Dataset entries
====================
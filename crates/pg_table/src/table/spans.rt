//! Cells over several columns or rows, and the crossings on their edges.

ghost use Rattle.std.specs.Prelude.{◌≡◌, ◌≤◌, length, Err, IfOk, IsOk, IsSome, OnErr, OnOk, []};
ghost use Rattle.pg_layout.specs.Keys.{by_columns, column_place};
ghost use Rattle.pg_layout.specs.Places.{value_at};
ghost use Rattle.pg_layout.specs.Position.{at};
ghost use Rattle.pg_layout.specs.Records.{columns_of};
ghost use Rattle.pg_table.specs.Even.{IsNarrowLook};
ghost use Rattle.pg_table.specs.Panels.{over_columns, over_rows, panelled};
ghost use Rattle.pg_table.specs.OwnRows.{crossed};

use crate::fault::TableFault;
use crate::table::Table;
use pg_layout::{Borders, Position, Records};
use std::alloc::{AllocError, Allocator};
use std::convert::AsStr;

impl<T: Drop, A: Allocator> Table<T, A> {
    /// The table with a cell over so many columns, including its own; 1 removes the span. The texts
    /// of the cells that it covers aren't shown. Spans that leave the table or share a place are
    /// reported when it is printed (`Spans`).
    ///
    /// Allocates only for a cell without a span. After an error the table is dropped.
    ///
    /// ```text
    /// let table = table.with_column_span(Position::new(0, 0), 3)?;
    /// ```
    pub fn with_column_span(
        mut self,
        pos: Position,
        columns: usize,
    ) -> Result<Table<T, A>, TableFault>
    where
        A: Clone,
        ensures ok { IfOk result (λ table. table ≡ over_columns pos columns self) }
        ensures memory { (fault : TableFault) → result ≡ Err fault → fault ≡ TableFault.Memory }
        ensures again { IsSome (value_at by_columns (column_place pos) self.config.spans) → IsOk result }
        ensures one { columns ≡ 1 → IsOk result }
        ensures narrow { IsNarrowLook self.config → IfOk result (λ table. IsNarrowLook table.config) }
    {
        match self.config.set_column_span(pos, columns) {
            Ok(()) => Ok(self),
            Err(error) => Err(error.into()),
        }
    }

    /// The table with a cell over so many rows, like [`Table::with_column_span`] for columns.
    pub fn with_row_span(mut self, pos: Position, rows: usize) -> Result<Table<T, A>, TableFault>
    where
        A: Clone,
        ensures ok { IfOk result (λ table. table ≡ over_rows pos rows self) }
        ensures memory { (fault : TableFault) → result ≡ Err fault → fault ≡ TableFault.Memory }
        ensures again { IsSome (value_at by_columns (column_place pos) self.config.spans) → IsOk result }
        ensures one { rows ≡ 1 → IsOk result }
        ensures narrow { IsNarrowLook self.config → IfOk result (λ table. IsNarrowLook table.config) }
    {
        match self.config.set_row_span(pos, rows) {
            Ok(()) => Ok(self),
            Err(error) => Err(error.into()),
        }
    }
}

impl<T: AsStr + Drop, A: Allocator> Table<T, A> {
    /// Makes a row, counted from 0, a panel: its first cell takes all columns, and the texts of its
    /// other cells aren't shown. A row that doesn't exist changes nothing.
    ///
    /// The lines above and below the panel keep their crossings until [`Table::set_span_crossings`]
    /// redraws them. Allocates only if the first cell has no span. If memory is refused, nothing
    /// changes.
    ///
    /// ```text
    /// table.set_panel(0)?;
    /// table.set_span_crossings(alloc, Borders::modern())?; // ┌───────┐
    /// ```
    pub fn set_panel(&mut self, row: usize) -> Result<(), AllocError>
    where
        A: Clone,
        ensures ok { OnOk result (self.new ≡ panelled row self.old) }
        ensures err { OnErr result (self.new ≡ self.old) }
        ensures absent { length self.old.rows ≤ row → IsOk result }
        ensures again { IsSome (value_at by_columns (column_place (at row 0)) self.old.config.spans) → IsOk result }
        ensures one { columns_of self.old.rows ≡ 1 → IsOk result }
        ensures narrow { IsNarrowLook self.old.config → IsNarrowLook self.new.config }
    {
        let (rows, columns) = self.size();
        if rows <= row {
            return Ok(());
        }
        self.config.set_column_span(Position::new(row, 0), columns)
    }

    /// The table with a row as a panel ([`Table::set_panel`]). After an error the table is dropped.
    ///
    /// ```text
    /// let table = table.with_panel(0)?.with_span_crossings(alloc, Borders::modern())?;
    /// ```
    pub fn with_panel(mut self, row: usize) -> Result<Table<T, A>, TableFault>
    where
        A: Clone,
        ensures ok { IfOk result (λ table. table ≡ panelled row self) }
        ensures memory { (fault : TableFault) → result ≡ Err fault → fault ≡ TableFault.Memory }
        ensures absent { length self.rows ≤ row → IsOk result }
        ensures again { IsSome (value_at by_columns (column_place (at row 0)) self.config.spans) → IsOk result }
        ensures one { columns_of self.rows ≡ 1 → IsOk result }
        ensures narrow { IsNarrowLook self.config → IfOk result (λ table. IsNarrowLook table.config) }
    {
        match self.set_panel(row) {
            Ok(()) => Ok(self),
            Err(error) => Err(error.into()),
        }
    }
}

impl<T: AsStr + Drop, A: Allocator + Copy> Table<T, A> {
    /// Draws each crossing on the edge of a cell with a span by the lines that meet there, with the
    /// glyphs of these borders, as [`pg_config::SpannedConfig::set_span_crossings`] does for the rows and
    /// columns of this table.
    ///
    /// If memory is refused, nothing changes; without spans nothing is allocated. A span or a line
    /// that is set later changes no crossing.
    pub fn set_span_crossings(&mut self, alloc: A, borders: Borders<char>) -> Result<(), AllocError>
        ensures ok { OnOk result (self.new ≡ crossed borders self.old) }
        ensures err { OnErr result (self.new ≡ self.old) }
        ensures nothing { self.old.config.spans ≡ [] → IsOk result }
    {
        let size = self.size();
        self.config.set_span_crossings(alloc, size, borders)
    }

    /// Draws crossings that follow the merged cells, in a table by value
    /// ([`Table::set_span_crossings`]). After an error the table is dropped.
    ///
    /// ```text
    /// let table = table.with_config(config).with_span_crossings(alloc, Borders::sharp())?;
    /// ```
    pub fn with_span_crossings(
        mut self,
        alloc: A,
        borders: Borders<char>,
    ) -> Result<Table<T, A>, TableFault>
        ensures ok { IfOk result (λ table. table ≡ crossed borders self) }
        ensures memory { (fault : TableFault) → result ≡ Err fault → fault ≡ TableFault.Memory }
        ensures nothing { self.config.spans ≡ [] → IsOk result }
    {
        let set = self.set_span_crossings(alloc, borders);
        self.if_set(set)
    }
}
====================
* [TASK ITEM]
The data above needs to be retyped in full, exactly as given.

* [SOLUTION TO THE PROBLEM]
filename crates/pg_table/src/table/spans.rt
//! Cells over several columns or rows, and the crossings on their edges.

ghost use Rattle.std.specs.Prelude.{◌≡◌, ◌≤◌, length, Err, IfOk, IsOk, IsSome, OnErr, OnOk, []};
ghost use Rattle.pg_layout.specs.Keys.{by_columns, column_place};
ghost use Rattle.pg_layout.specs.Places.{value_at};
ghost use Rattle.pg_layout.specs.Position.{at};
ghost use Rattle.pg_layout.specs.Records.{columns_of};
ghost use Rattle.pg_table.specs.Even.{IsNarrowLook};
ghost use Rattle.pg_table.specs.Panels.{over_columns, over_rows, panelled};
ghost use Rattle.pg_table.specs.OwnRows.{crossed};

use crate::fault::TableFault;
use crate::table::Table;
use pg_layout::{Borders, Position, Records};
use std::alloc::{AllocError, Allocator};
use std::convert::AsStr;

impl<T: Drop, A: Allocator> Table<T, A> {
    /// The table with a cell over so many columns, including its own; 1 removes the span. The texts
    /// of the cells that it covers aren't shown. Spans that leave the table or share a place are
    /// reported when it is printed (`Spans`).
    ///
    /// Allocates only for a cell without a span. After an error the table is dropped.
    ///
    /// ```text
    /// let table = table.with_column_span(Position::new(0, 0), 3)?;
    /// ```
    pub fn with_column_span(
        mut self,
        pos: Position,
        columns: usize,
    ) -> Result<Table<T, A>, TableFault>
    where
        A: Clone,
        ensures ok { IfOk result (λ table. table ≡ over_columns pos columns self) }
        ensures memory { (fault : TableFault) → result ≡ Err fault → fault ≡ TableFault.Memory }
        ensures again { IsSome (value_at by_columns (column_place pos) self.config.spans) → IsOk result }
        ensures one { columns ≡ 1 → IsOk result }
        ensures narrow { IsNarrowLook self.config → IfOk result (λ table. IsNarrowLook table.config) }
    {
        match self.config.set_column_span(pos, columns) {
            Ok(()) => Ok(self),
            Err(error) => Err(error.into()),
        }
    }

    /// The table with a cell over so many rows, like [`Table::with_column_span`] for columns.
    pub fn with_row_span(mut self, pos: Position, rows: usize) -> Result<Table<T, A>, TableFault>
    where
        A: Clone,
        ensures ok { IfOk result (λ table. table ≡ over_rows pos rows self) }
        ensures memory { (fault : TableFault) → result ≡ Err fault → fault ≡ TableFault.Memory }
        ensures again { IsSome (value_at by_columns (column_place pos) self.config.spans) → IsOk result }
        ensures one { rows ≡ 1 → IsOk result }
        ensures narrow { IsNarrowLook self.config → IfOk result (λ table. IsNarrowLook table.config) }
    {
        match self.config.set_row_span(pos, rows) {
            Ok(()) => Ok(self),
            Err(error) => Err(error.into()),
        }
    }
}

impl<T: AsStr + Drop, A: Allocator> Table<T, A> {
    /// Makes a row, counted from 0, a panel: its first cell takes all columns, and the texts of its
    /// other cells aren't shown. A row that doesn't exist changes nothing.
    ///
    /// The lines above and below the panel keep their crossings until [`Table::set_span_crossings`]
    /// redraws them. Allocates only if the first cell has no span. If memory is refused, nothing
    /// changes.
    ///
    /// ```text
    /// table.set_panel(0)?;
    /// table.set_span_crossings(alloc, Borders::modern())?; // ┌───────┐
    /// ```
    pub fn set_panel(&mut self, row: usize) -> Result<(), AllocError>
    where
        A: Clone,
        ensures ok { OnOk result (self.new ≡ panelled row self.old) }
        ensures err { OnErr result (self.new ≡ self.old) }
        ensures absent { length self.old.rows ≤ row → IsOk result }
        ensures again { IsSome (value_at by_columns (column_place (at row 0)) self.old.config.spans) → IsOk result }
        ensures one { columns_of self.old.rows ≡ 1 → IsOk result }
        ensures narrow { IsNarrowLook self.old.config → IsNarrowLook self.new.config }
    {
        let (rows, columns) = self.size();
        if rows <= row {
            return Ok(());
        }
        self.config.set_column_span(Position::new(row, 0), columns)
    }

    /// The table with a row as a panel ([`Table::set_panel`]). After an error the table is dropped.
    ///
    /// ```text
    /// let table = table.with_panel(0)?.with_span_crossings(alloc, Borders::modern())?;
    /// ```
    pub fn with_panel(mut self, row: usize) -> Result<Table<T, A>, TableFault>
    where
        A: Clone,
        ensures ok { IfOk result (λ table. table ≡ panelled row self) }
        ensures memory { (fault : TableFault) → result ≡ Err fault → fault ≡ TableFault.Memory }
        ensures absent { length self.rows ≤ row → IsOk result }
        ensures again { IsSome (value_at by_columns (column_place (at row 0)) self.config.spans) → IsOk result }
        ensures one { columns_of self.rows ≡ 1 → IsOk result }
        ensures narrow { IsNarrowLook self.config → IfOk result (λ table. IsNarrowLook table.config) }
    {
        match self.set_panel(row) {
            Ok(()) => Ok(self),
            Err(error) => Err(error.into()),
        }
    }
}

impl<T: AsStr + Drop, A: Allocator + Copy> Table<T, A> {
    /// Draws each crossing on the edge of a cell with a span by the lines that meet there, with the
    /// glyphs of these borders, as [`pg_config::SpannedConfig::set_span_crossings`] does for the rows and
    /// columns of this table.
    ///
    /// If memory is refused, nothing changes; without spans nothing is allocated. A span or a line
    /// that is set later changes no crossing.
    pub fn set_span_crossings(&mut self, alloc: A, borders: Borders<char>) -> Result<(), AllocError>
        ensures ok { OnOk result (self.new ≡ crossed borders self.old) }
        ensures err { OnErr result (self.new ≡ self.old) }
        ensures nothing { self.old.config.spans ≡ [] → IsOk result }
    {
        let size = self.size();
        self.config.set_span_crossings(alloc, size, borders)
    }

    /// Draws crossings that follow the merged cells, in a table by value
    /// ([`Table::set_span_crossings`]). After an error the table is dropped.
    ///
    /// ```text
    /// let table = table.with_config(config).with_span_crossings(alloc, Borders::sharp())?;
    /// ```
    pub fn with_span_crossings(
        mut self,
        alloc: A,
        borders: Borders<char>,
    ) -> Result<Table<T, A>, TableFault>
        ensures ok { IfOk result (λ table. table ≡ crossed borders self) }
        ensures memory { (fault : TableFault) → result ≡ Err fault → fault ≡ TableFault.Memory }
        ensures nothing { self.config.spans ≡ [] → IsOk result }
    {
        let set = self.set_span_crossings(alloc, borders);
        self.if_set(set)
    }
}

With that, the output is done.